Your task – Go through the material below, find each line with the word "into", and copy those lines.
- Opening Delimiter -
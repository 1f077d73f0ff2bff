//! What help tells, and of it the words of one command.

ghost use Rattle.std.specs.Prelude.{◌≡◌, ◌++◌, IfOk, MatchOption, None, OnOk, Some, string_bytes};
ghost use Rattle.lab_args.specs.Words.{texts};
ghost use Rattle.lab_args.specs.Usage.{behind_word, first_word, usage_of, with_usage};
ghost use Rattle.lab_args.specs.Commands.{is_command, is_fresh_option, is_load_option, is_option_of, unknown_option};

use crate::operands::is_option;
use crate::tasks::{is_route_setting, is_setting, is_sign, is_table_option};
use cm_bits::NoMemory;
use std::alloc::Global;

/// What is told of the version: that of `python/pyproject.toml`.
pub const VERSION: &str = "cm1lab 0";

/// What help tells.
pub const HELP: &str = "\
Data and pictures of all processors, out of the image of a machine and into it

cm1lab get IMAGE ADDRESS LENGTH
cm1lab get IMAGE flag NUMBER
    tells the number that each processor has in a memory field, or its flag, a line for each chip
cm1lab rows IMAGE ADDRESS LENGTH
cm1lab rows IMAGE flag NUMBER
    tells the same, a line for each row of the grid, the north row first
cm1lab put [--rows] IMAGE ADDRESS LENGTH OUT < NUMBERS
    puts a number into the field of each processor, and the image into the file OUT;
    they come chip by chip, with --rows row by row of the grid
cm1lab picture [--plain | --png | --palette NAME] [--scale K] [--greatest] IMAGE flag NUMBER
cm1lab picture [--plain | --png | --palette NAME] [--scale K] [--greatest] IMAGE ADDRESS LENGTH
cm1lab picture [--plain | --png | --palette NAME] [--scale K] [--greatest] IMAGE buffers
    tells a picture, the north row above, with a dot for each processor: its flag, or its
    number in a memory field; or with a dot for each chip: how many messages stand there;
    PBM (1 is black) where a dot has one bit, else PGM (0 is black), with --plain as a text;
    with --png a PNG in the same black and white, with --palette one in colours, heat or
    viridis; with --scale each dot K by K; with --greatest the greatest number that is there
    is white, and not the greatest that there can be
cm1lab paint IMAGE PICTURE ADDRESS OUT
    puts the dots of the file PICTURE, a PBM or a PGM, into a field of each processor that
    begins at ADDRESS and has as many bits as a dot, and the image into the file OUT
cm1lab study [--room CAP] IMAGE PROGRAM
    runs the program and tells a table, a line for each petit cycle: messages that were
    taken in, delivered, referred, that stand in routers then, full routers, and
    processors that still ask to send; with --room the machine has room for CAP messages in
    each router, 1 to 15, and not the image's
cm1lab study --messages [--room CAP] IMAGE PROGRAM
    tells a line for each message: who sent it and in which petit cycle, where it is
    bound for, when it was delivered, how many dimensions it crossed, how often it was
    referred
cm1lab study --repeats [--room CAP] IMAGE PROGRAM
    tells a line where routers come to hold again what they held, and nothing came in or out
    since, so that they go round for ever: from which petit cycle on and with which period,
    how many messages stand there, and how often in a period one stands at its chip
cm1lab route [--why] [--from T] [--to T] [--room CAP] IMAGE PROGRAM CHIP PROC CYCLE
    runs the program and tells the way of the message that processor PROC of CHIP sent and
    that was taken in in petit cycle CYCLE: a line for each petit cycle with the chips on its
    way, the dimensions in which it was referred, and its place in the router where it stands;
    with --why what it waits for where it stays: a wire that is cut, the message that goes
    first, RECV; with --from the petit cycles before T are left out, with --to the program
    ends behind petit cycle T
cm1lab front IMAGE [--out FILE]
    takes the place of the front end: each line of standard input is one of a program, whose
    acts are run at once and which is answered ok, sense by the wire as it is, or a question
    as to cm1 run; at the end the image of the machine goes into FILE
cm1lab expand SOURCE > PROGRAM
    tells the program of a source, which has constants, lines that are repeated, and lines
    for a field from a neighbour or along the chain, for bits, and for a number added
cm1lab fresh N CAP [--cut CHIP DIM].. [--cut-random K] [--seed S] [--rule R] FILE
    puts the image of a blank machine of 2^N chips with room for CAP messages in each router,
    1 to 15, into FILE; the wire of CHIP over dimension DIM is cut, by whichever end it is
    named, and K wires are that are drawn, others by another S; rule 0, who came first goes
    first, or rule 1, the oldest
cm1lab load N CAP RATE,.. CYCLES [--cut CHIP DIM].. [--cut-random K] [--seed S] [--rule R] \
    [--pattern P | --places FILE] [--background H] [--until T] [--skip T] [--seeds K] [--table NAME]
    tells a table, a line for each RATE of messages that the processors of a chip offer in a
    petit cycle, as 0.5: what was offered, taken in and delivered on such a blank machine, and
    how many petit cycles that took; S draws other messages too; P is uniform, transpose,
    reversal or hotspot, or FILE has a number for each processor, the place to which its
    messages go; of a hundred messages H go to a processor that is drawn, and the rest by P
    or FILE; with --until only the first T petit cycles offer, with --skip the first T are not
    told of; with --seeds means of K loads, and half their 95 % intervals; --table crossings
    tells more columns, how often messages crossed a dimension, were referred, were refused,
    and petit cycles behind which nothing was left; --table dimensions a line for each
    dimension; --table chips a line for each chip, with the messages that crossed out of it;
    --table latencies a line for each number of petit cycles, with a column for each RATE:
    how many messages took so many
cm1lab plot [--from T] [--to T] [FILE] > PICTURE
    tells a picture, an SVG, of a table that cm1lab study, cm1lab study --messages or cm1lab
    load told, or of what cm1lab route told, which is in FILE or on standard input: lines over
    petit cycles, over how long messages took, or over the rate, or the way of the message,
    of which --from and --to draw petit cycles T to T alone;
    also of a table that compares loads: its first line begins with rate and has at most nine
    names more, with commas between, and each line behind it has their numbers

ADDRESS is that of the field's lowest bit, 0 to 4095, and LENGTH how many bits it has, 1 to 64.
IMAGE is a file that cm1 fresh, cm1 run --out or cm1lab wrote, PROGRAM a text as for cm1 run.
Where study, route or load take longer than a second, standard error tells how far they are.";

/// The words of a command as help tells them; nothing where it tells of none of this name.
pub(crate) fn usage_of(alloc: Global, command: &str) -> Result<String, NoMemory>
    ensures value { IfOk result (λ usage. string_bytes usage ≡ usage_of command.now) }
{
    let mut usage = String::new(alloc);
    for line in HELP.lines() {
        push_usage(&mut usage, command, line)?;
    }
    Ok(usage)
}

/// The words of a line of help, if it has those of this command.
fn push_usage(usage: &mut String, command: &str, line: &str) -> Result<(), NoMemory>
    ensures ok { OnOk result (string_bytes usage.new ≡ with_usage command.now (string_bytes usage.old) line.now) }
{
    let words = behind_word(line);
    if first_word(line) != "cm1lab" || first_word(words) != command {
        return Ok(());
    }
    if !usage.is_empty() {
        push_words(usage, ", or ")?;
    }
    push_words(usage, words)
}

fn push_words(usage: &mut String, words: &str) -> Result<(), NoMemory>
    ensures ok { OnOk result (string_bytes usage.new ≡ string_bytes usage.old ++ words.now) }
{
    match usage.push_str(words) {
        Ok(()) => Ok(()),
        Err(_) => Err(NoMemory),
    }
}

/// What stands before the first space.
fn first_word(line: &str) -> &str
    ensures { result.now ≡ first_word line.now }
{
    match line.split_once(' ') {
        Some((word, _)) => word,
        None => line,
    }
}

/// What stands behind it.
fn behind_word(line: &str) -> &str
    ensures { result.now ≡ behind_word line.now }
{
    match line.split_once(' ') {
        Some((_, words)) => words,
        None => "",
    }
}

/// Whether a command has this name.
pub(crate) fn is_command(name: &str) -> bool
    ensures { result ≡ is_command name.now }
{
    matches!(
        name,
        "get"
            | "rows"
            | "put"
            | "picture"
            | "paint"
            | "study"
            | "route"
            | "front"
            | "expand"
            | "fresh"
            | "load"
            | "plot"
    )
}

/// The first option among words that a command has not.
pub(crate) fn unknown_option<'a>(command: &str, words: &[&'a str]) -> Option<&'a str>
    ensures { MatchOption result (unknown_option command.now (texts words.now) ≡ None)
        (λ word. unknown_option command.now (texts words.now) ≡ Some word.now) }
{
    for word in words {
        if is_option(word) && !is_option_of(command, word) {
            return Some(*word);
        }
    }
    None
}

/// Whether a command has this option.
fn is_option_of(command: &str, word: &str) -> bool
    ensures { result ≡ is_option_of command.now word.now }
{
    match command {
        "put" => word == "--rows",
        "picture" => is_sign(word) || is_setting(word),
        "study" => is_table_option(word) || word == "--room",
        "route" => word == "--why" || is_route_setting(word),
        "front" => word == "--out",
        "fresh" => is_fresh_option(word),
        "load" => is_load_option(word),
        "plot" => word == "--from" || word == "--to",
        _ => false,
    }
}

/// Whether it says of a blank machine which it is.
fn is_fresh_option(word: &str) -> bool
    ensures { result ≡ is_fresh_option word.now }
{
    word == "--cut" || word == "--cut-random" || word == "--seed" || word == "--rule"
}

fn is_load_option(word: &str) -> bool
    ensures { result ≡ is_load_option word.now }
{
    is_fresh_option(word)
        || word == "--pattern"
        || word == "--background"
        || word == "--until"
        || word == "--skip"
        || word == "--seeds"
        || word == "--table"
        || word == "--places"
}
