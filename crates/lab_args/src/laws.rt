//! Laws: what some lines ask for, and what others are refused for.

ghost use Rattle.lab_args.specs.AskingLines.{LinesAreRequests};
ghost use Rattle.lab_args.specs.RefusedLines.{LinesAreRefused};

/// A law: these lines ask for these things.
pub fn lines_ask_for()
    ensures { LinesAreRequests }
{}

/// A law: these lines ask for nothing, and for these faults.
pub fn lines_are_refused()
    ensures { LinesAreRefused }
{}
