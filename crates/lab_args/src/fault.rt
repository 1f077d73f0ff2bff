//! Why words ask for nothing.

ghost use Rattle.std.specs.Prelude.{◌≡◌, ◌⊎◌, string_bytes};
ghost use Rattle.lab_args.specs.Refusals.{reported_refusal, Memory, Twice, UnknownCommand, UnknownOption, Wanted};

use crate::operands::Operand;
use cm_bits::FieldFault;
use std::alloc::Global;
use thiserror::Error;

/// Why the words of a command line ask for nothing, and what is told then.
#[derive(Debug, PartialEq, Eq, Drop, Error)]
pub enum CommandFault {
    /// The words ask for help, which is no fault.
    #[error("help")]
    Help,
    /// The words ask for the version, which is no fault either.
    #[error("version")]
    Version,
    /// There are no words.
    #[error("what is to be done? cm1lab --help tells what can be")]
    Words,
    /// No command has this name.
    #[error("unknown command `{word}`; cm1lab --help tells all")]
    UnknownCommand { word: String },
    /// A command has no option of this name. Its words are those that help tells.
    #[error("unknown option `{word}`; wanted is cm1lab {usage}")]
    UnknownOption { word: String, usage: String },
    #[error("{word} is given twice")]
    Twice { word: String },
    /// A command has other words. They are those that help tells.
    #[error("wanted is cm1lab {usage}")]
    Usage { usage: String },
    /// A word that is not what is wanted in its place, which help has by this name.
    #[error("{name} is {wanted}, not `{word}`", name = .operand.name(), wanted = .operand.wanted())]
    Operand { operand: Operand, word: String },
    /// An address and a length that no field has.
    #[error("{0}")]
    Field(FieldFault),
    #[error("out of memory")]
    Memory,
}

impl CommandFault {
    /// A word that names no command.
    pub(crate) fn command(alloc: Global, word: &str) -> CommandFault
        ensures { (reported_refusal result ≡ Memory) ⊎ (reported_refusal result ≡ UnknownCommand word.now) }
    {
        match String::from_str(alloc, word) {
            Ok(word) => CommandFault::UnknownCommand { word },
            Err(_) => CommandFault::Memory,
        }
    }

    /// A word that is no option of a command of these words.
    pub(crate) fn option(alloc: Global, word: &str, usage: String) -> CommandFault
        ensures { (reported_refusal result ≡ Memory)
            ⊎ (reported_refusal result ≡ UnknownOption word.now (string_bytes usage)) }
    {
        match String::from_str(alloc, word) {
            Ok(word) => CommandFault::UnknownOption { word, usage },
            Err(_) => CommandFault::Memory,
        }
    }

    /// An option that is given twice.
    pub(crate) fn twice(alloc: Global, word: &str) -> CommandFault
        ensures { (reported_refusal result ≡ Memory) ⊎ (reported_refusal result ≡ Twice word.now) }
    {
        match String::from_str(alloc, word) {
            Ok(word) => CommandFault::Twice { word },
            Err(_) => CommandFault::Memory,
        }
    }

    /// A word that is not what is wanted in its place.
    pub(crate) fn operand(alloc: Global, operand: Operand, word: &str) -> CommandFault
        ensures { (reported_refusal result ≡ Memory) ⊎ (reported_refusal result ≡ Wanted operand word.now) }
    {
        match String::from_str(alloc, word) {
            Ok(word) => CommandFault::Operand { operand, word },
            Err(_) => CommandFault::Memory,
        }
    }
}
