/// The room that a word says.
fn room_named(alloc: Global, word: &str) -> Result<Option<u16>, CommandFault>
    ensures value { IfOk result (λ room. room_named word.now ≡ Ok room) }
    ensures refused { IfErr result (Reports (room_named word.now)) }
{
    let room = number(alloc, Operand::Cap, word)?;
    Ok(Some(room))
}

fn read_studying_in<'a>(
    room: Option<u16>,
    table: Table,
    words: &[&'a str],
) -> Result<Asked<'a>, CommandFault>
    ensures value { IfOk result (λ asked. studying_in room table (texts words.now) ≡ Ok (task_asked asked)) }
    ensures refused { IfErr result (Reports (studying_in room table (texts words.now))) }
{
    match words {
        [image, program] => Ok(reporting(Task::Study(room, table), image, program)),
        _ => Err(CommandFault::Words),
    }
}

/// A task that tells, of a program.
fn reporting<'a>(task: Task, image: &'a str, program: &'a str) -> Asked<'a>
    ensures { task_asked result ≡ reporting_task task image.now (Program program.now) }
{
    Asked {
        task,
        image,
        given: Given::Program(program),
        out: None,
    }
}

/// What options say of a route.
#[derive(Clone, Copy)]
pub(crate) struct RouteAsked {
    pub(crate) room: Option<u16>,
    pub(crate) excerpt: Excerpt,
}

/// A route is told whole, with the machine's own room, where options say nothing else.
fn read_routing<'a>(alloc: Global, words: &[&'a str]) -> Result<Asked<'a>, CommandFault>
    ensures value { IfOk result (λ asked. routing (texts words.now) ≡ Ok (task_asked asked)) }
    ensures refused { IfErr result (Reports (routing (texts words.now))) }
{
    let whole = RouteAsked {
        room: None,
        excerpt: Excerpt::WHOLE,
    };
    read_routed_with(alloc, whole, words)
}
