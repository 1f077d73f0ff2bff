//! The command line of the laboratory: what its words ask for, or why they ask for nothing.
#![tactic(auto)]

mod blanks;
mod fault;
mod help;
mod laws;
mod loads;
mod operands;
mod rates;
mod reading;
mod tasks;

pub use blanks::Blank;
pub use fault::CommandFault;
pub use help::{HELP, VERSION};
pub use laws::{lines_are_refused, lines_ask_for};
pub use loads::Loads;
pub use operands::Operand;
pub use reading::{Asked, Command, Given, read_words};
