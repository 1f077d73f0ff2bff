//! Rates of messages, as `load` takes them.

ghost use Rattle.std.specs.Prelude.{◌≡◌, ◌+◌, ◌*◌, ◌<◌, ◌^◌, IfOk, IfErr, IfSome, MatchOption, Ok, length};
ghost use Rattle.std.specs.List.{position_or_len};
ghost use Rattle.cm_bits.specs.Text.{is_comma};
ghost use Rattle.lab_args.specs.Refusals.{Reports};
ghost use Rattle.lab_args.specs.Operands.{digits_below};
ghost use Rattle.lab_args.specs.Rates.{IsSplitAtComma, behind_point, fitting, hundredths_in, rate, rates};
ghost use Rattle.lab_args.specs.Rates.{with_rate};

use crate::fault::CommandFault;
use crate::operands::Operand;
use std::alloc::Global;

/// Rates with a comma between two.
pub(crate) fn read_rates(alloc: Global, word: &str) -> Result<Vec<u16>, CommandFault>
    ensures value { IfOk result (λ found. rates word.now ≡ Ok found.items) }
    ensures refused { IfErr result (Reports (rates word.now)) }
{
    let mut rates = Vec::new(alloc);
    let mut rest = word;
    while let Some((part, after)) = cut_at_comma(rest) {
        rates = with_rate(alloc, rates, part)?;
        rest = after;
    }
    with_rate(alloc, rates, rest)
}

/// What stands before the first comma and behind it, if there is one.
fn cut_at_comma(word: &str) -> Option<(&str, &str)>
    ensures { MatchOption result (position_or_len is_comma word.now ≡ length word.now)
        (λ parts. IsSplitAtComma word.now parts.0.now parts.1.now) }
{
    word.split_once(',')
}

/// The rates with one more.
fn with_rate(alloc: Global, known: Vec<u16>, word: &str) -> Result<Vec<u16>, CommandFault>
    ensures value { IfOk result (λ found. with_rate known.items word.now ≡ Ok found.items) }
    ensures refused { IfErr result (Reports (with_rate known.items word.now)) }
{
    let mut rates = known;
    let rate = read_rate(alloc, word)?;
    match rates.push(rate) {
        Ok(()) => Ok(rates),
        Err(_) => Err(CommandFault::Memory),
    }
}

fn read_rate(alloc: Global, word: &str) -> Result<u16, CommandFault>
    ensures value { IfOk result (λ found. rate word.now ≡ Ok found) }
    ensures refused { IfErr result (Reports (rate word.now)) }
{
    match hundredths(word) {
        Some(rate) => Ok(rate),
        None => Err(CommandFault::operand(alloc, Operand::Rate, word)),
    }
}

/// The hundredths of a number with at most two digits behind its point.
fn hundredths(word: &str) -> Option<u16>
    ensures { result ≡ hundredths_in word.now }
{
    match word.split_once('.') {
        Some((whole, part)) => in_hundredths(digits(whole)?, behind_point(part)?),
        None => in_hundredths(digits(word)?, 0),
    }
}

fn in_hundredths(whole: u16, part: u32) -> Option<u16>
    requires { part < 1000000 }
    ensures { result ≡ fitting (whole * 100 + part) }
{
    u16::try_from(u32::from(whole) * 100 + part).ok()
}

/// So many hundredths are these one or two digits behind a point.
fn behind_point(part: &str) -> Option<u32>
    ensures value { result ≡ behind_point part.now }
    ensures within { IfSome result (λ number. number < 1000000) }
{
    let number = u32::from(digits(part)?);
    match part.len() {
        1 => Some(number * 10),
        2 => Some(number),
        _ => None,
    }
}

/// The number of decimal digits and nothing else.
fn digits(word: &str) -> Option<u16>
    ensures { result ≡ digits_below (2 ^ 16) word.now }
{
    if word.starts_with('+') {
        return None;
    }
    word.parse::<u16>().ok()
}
- Closing Delimiter -
Written response –
Data and pictures of all processors, out of the image of a machine and into it
    puts a number into the field of each processor, and the image into the file OUT;
    puts the dots of the file PICTURE, a PBM or a PGM, into a field of each processor that
    begins at ADDRESS and has as many bits as a dot, and the image into the file OUT
    as to cm1 run; at the end the image of the machine goes into FILE
    1 to 15, into FILE; the wire of CHIP over dimension DIM is cut, by whichever end it is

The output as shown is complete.